§ ABOUT THIS TASK
Every entry must be duplicated precisely as written.

§ MATERIAL PROVIDED
*** Block opens ***
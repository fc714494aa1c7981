// The record's MAC in blocks, from the parts of mac_ct in the Rust's tlcp/record.rs: the same work for every text
// length up to a public bound. The number of bytes lent and the block's number are public; the text's length, the
// header, which ends in it, and the text's bytes are not, so every byte of a block is selected by masks or read at a
// public place, and the words are kept by a mask.
#![tactic(auto)]

ghost use Rattle.std.specs.Prelude.{cond, [], ◌∷◌, ◌++◌, ◌≡◌, ◌+◌, ◌%◌, ◌<◌, ◌^◌, eqb, get_or, take, replicate};
ghost use Rattle.words.specs.Choice.{bit};
ghost use Rattle.words.specs.Lists.{xor_each};
ghost use Rattle.sm3_compress.specs.Standard.{CF};
ghost use Rattle.sm3.specs.Standard.{IV, count, SM3};
ghost use Rattle.hmac.specs.Rfc2104.{K'};
ghost use Rattle.mac_blocks.specs.Schedule.{byte_at, count_in, schedule, final, inner_key, inner_block, outer_key, outer_digest};

use hmac::{IPAD, OPAD};
use masks::select;
use sm3::BLOCK_SIZE;
use sm3_compress::compress;
use std::marker::Model;

// As long as a header of record; said here again, since no crate below this one has it.
const HEADER_LEN: usize = 13;

// The chaining words, and the inner hash once the final block is past.
#[derive(Clone, Copy)]
pub struct MacWords {
    pub words: [u32; 8],
    pub kept: [u32; 8],
}

// The words after the block of the MAC key, zeros behind it, each byte XOR pad.
fn key_words(mac_key: [u8; 32], pad: u8) -> [u32; 8]
    ensures { result ≡ CF IV (xor_each (K' SM3 mac_key) (replicate 64 pad)) }
{
    let mut key = [0u8; BLOCK_SIZE];
    key[..mac_key.len()].copy_from_slice(&mac_key);
    compress(sm3::IV, hmac::xor_pad(key, pad))
}

// The words after the block of the MAC key XOR 0x36.
pub fn inner_key(mac_key: [u8; 32]) -> [u32; 8]
    ensures { result ≡ inner_key mac_key }
{
    key_words(mac_key, IPAD)
}

// The number of bits of total bytes, modulo 2^64, in 8 bytes.
fn count_of(total: usize) -> [u8; 8]
    ensures { result ≡ count total }
{
    big_endian::u64_to_be_bytes((total as u64) << 3)
}

// Byte p of header and data, zero behind them: p and the lengths are public.
fn candidate(header: &[u8; 13], data: &[u8], p: usize) -> u8
    ensures { result ≡ get_or (header.now ++ «data».now) p 0 }
{
    if p < HEADER_LEN {
        header[p]
    } else {
        data.get(p - HEADER_LEN).copied().unwrap_or(0)
    }
}

// What is authenticated: the header, and behind it the text, the first held bytes of data. How many bytes are lent is
// public.
#[derive(Drop)]
struct Message<'a> {
    header: [u8; 13],
    data: &'a [u8],
    held: usize,
}

impl<'a> Model for Message<'a> {
    ghost use Rattle.std.specs.Prelude.{List, ℕ, ◌++◌, ◌≤◌, length, take};

    ghost Value = { List ℕ };

    ghost view = { λ m. m.header ++ take m.held m.«data».now };

    ghost invariant = { λ m. m.held ≤ length m.«data».now };
}

impl<'a> Message<'a> {
    // The text's length, at most that of what is lent: by a mask, since it is secret.
    fn new(header: [u8; 13], data: &'a [u8], plaintext_len: usize) -> Self
        ensures { result ≡ header ++ take plaintext_len «data».now }
    {
        let lent = data.len();
        let longer = masks::ct_lt_usize(lent, plaintext_len);
        let held = masks::select(plaintext_len, lent, longer);
        Message { header, data, held }
    }

    // 1 where block b is the final one, which has room for the count behind the text and 0x80; else 0. The block's
    // number is made by a shift, since held is secret, and no comparison tells it, since `keep` chooses eight words by
    // it.
    fn is_final(&self, b: usize) -> u8
        ensures { result ≡ bit (eqb b (final self.now)) }
    {
        masks::ct_is_zero_usize(b ^ ((HEADER_LEN + self.held + 8) >> 6))
    }

    // Byte p of header, text and 0x80, zero behind them: the text ends at held, by masks.
    fn marked_byte(&self, p: usize) -> u8
        ensures { result ≡ get_or (self.now ++ (0x80 ∷ [])) p 0 }
    {
        let end = HEADER_LEN + self.held;
        let in_text = masks::ct_lt_usize(p, end);
        let text = masks::select(0, candidate(&self.header, self.data, p), in_text);
        masks::select(text, 0x80, masks::ct_eq(p, end))
    }

    // The count of all bytes where block b is the final one, else zeros. It is chosen once for a block: a choice inside
    // the loop over a block's bytes, where it never changes, would be taken out of the loop by the compiler, as a
    // branch.
    fn count_in(&self, b: usize) -> [u8; 8]
        ensures { result ≡ count_in self.now b }
    {
        // the key's block is counted too
        let total = BLOCK_SIZE + HEADER_LEN + self.held;
        count_of(masks::select(0, total, self.is_final(b)))
    }

    // Byte i of block b, which has this count in it or zeros: no byte of text or 0x80 stands where a count does.
    fn byte_at(&self, counted: &[u8; 8], b: usize, i: usize) -> u8
        requires { (b < 2 ^ 58) × (i < 64) × (counted.now ≡ count_in self.now b) }
        ensures { result ≡ byte_at self.now b i }
    {
        let byte = self.marked_byte(b * BLOCK_SIZE + i);
        // public
        if i < BLOCK_SIZE - 8 {
            return byte;
        }
        byte ^ counted[i - (BLOCK_SIZE - 8)]
    }

    // Block b of header and text with their ending: 64 bytes, each selected by masks.
    fn block(&self, b: usize) -> [u8; 64]
        ensures { result ≡ schedule self.now b }
    {
        let mut block = [0u8; BLOCK_SIZE];
        // public: behind the last block that any text of data can have, all is zero
        if self.data.len() / BLOCK_SIZE + 1 < b {
            return block;
        }
        let counted = self.count_in(b);
        for (i, byte) in block.iter_mut().enumerate() {
            *byte = self.byte_at(&counted, b, i);
        }
        block
    }
}

// words where the lowest bit of choice is 1, else kept: all eight by one mask. By the place, since nothing is known of
// what a zip with `iter_mut` leaves. `copy_where` of verdict does so with bytes: one function for both would lend
// across crates, with a promise, a law and wrong programs of its own, for a loop of one line.
fn keep(kept: &mut [u32; 8], words: &[u32; 8], choice: u8)
    ensures { kept.new ≡ cond (eqb (choice % 2) 1) words.now kept.old }
{
    for (i, word) in kept.iter_mut().enumerate() {
        *word = select(*word, words[i], choice);
    }
}

// One block more of header and text, where the text is the first plaintext_len bytes of data. The words are kept where
// the block is the final one.
pub fn inner_block(
    so_far: MacWords,
    header: [u8; 13],
    data: &[u8],
    plaintext_len: usize,
    b: usize,
) -> MacWords
    ensures { result ≡ inner_block so_far (header ++ take plaintext_len «data».now) b }
{
    let message = Message::new(header, data, plaintext_len);
    let words = compress(so_far.words, message.block(b));
    let mut kept = so_far.kept;
    keep(&mut kept, &words, message.is_final(b));
    MacWords { words, kept }
}

// The words after the block of the MAC key XOR 0x5c.
pub fn outer_key(mac_key: [u8; 32]) -> [u32; 8]
    ensures { result ≡ outer_key mac_key }
{
    key_words(mac_key, OPAD)
}

// The words after the inner digest with its ending, which fill one block.
pub fn outer_digest(words: [u32; 8], kept: [u32; 8]) -> [u32; 8]
    ensures { result ≡ outer_digest words kept }
{
    let mut block = [0u8; BLOCK_SIZE];
    block[..sm3::DIGEST_SIZE].copy_from_slice(&sm3::digest_of(kept));
    block[sm3::DIGEST_SIZE] = 0x80;
    block[BLOCK_SIZE - 8..].copy_from_slice(&count_of(BLOCK_SIZE + sm3::DIGEST_SIZE));
    compress(words, block)
}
*** Block closes ***
§ TASK RESULT
repository fc714494aa1c7981
// The record's MAC in blocks, from the parts of mac_ct in the Rust's tlcp/record.rs: the same work for every text
// length up to a public bound. The number of bytes lent and the block's number are public; the text's length, the
// header, which ends in it, and the text's bytes are not, so every byte of a block is selected by masks or read at a
// public place, and the words are kept by a mask.
#![tactic(auto)]

ghost use Rattle.std.specs.Prelude.{cond, [], ◌∷◌, ◌++◌, ◌≡◌, ◌+◌, ◌%◌, ◌<◌, ◌^◌, eqb, get_or, take, replicate};
ghost use Rattle.words.specs.Choice.{bit};
ghost use Rattle.words.specs.Lists.{xor_each};
ghost use Rattle.sm3_compress.specs.Standard.{CF};
ghost use Rattle.sm3.specs.Standard.{IV, count, SM3};
ghost use Rattle.hmac.specs.Rfc2104.{K'};
ghost use Rattle.mac_blocks.specs.Schedule.{byte_at, count_in, schedule, final, inner_key, inner_block, outer_key, outer_digest};

use hmac::{IPAD, OPAD};
use masks::select;
use sm3::BLOCK_SIZE;
use sm3_compress::compress;
use std::marker::Model;

// As long as a header of record; said here again, since no crate below this one has it.
const HEADER_LEN: usize = 13;

// The chaining words, and the inner hash once the final block is past.
#[derive(Clone, Copy)]
pub struct MacWords {
    pub words: [u32; 8],
    pub kept: [u32; 8],
}

// The words after the block of the MAC key, zeros behind it, each byte XOR pad.
fn key_words(mac_key: [u8; 32], pad: u8) -> [u32; 8]
    ensures { result ≡ CF IV (xor_each (K' SM3 mac_key) (replicate 64 pad)) }
{
    let mut key = [0u8; BLOCK_SIZE];
    key[..mac_key.len()].copy_from_slice(&mac_key);
    compress(sm3::IV, hmac::xor_pad(key, pad))
}

// The words after the block of the MAC key XOR 0x36.
pub fn inner_key(mac_key: [u8; 32]) -> [u32; 8]
    ensures { result ≡ inner_key mac_key }
{
    key_words(mac_key, IPAD)
}

// The number of bits of total bytes, modulo 2^64, in 8 bytes.
fn count_of(total: usize) -> [u8; 8]
    ensures { result ≡ count total }
{
    big_endian::u64_to_be_bytes((total as u64) << 3)
}

// Byte p of header and data, zero behind them: p and the lengths are public.
fn candidate(header: &[u8; 13], data: &[u8], p: usize) -> u8
    ensures { result ≡ get_or (header.now ++ «data».now) p 0 }
{
    if p < HEADER_LEN {
        header[p]
    } else {
        data.get(p - HEADER_LEN).copied().unwrap_or(0)
    }
}

// What is authenticated: the header, and behind it the text, the first held bytes of data. How many bytes are lent is
// public.
#[derive(Drop)]
struct Message<'a> {
    header: [u8; 13],
    data: &'a [u8],
    held: usize,
}

impl<'a> Model for Message<'a> {
    ghost use Rattle.std.specs.Prelude.{List, ℕ, ◌++◌, ◌≤◌, length, take};

    ghost Value = { List ℕ };

    ghost view = { λ m. m.header ++ take m.held m.«data».now };

    ghost invariant = { λ m. m.held ≤ length m.«data».now };
}

impl<'a> Message<'a> {
    // The text's length, at most that of what is lent: by a mask, since it is secret.
    fn new(header: [u8; 13], data: &'a [u8], plaintext_len: usize) -> Self
        ensures { result ≡ header ++ take plaintext_len «data».now }
    {
        let lent = data.len();
        let longer = masks::ct_lt_usize(lent, plaintext_len);
        let held = masks::select(plaintext_len, lent, longer);
        Message { header, data, held }
    }

    // 1 where block b is the final one, which has room for the count behind the text and 0x80; else 0. The block's
    // number is made by a shift, since held is secret, and no comparison tells it, since `keep` chooses eight words by
    // it.
    fn is_final(&self, b: usize) -> u8
        ensures { result ≡ bit (eqb b (final self.now)) }
    {
        masks::ct_is_zero_usize(b ^ ((HEADER_LEN + self.held + 8) >> 6))
    }

    // Byte p of header, text and 0x80, zero behind them: the text ends at held, by masks.
    fn marked_byte(&self, p: usize) -> u8
        ensures { result ≡ get_or (self.now ++ (0x80 ∷ [])) p 0 }
    {
        let end = HEADER_LEN + self.held;
        let in_text = masks::ct_lt_usize(p, end);
        let text = masks::select(0, candidate(&self.header, self.data, p), in_text);
        masks::select(text, 0x80, masks::ct_eq(p, end))
    }

    // The count of all bytes where block b is the final one, else zeros. It is chosen once for a block: a choice inside
    // the loop over a block's bytes, where it never changes, would be taken out of the loop by the compiler, as a
    // branch.
    fn count_in(&self, b: usize) -> [u8; 8]
        ensures { result ≡ count_in self.now b }
    {
        // the key's block is counted too
        let total = BLOCK_SIZE + HEADER_LEN + self.held;
        count_of(masks::select(0, total, self.is_final(b)))
    }

    // Byte i of block b, which has this count in it or zeros: no byte of text or 0x80 stands where a count does.
    fn byte_at(&self, counted: &[u8; 8], b: usize, i: usize) -> u8
        requires { (b < 2 ^ 58) × (i < 64) × (counted.now ≡ count_in self.now b) }
        ensures { result ≡ byte_at self.now b i }
    {
        let byte = self.marked_byte(b * BLOCK_SIZE + i);
        // public
        if i < BLOCK_SIZE - 8 {
            return byte;
        }
        byte ^ counted[i - (BLOCK_SIZE - 8)]
    }

    // Block b of header and text with their ending: 64 bytes, each selected by masks.
    fn block(&self, b: usize) -> [u8; 64]
        ensures { result ≡ schedule self.now b }
    {
        let mut block = [0u8; BLOCK_SIZE];
        // public: behind the last block that any text of data can have, all is zero
        if self.data.len() / BLOCK_SIZE + 1 < b {
            return block;
        }
        let counted = self.count_in(b);
        for (i, byte) in block.iter_mut().enumerate() {
            *byte = self.byte_at(&counted, b, i);
        }
        block
    }
}

// words where the lowest bit of choice is 1, else kept: all eight by one mask. By the place, since nothing is known of
// what a zip with `iter_mut` leaves. `copy_where` of verdict does so with bytes: one function for both would lend
// across crates, with a promise, a law and wrong programs of its own, for a loop of one line.
fn keep(kept: &mut [u32; 8], words: &[u32; 8], choice: u8)
    ensures { kept.new ≡ cond (eqb (choice % 2) 1) words.now kept.old }
{
    for (i, word) in kept.iter_mut().enumerate() {
        *word = select(*word, words[i], choice);
    }
}

// One block more of header and text, where the text is the first plaintext_len bytes of data. The words are kept where
// the block is the final one.
pub fn inner_block(
    so_far: MacWords,
    header: [u8; 13],
    data: &[u8],
    plaintext_len: usize,
    b: usize,
) -> MacWords
    ensures { result ≡ inner_block so_far (header ++ take plaintext_len «data».now) b }
{
    let message = Message::new(header, data, plaintext_len);
    let words = compress(so_far.words, message.block(b));
    let mut kept = so_far.kept;
    keep(&mut kept, &words, message.is_final(b));
    MacWords { words, kept }
}

// The words after the block of the MAC key XOR 0x5c.
pub fn outer_key(mac_key: [u8; 32]) -> [u32; 8]
    ensures { result ≡ outer_key mac_key }
{
    key_words(mac_key, OPAD)
}

// The words after the inner digest with its ending, which fill one block.
pub fn outer_digest(words: [u32; 8], kept: [u32; 8]) -> [u32; 8]
    ensures { result ≡ outer_digest words kept }
{
    let mut block = [0u8; BLOCK_SIZE];
    block[..sm3::DIGEST_SIZE].copy_from_slice(&sm3::digest_of(kept));
    block[sm3::DIGEST_SIZE] = 0x80;
    block[BLOCK_SIZE - 8..].copy_from_slice(&count_of(BLOCK_SIZE + sm3::DIGEST_SIZE));
    compress(words, block)
}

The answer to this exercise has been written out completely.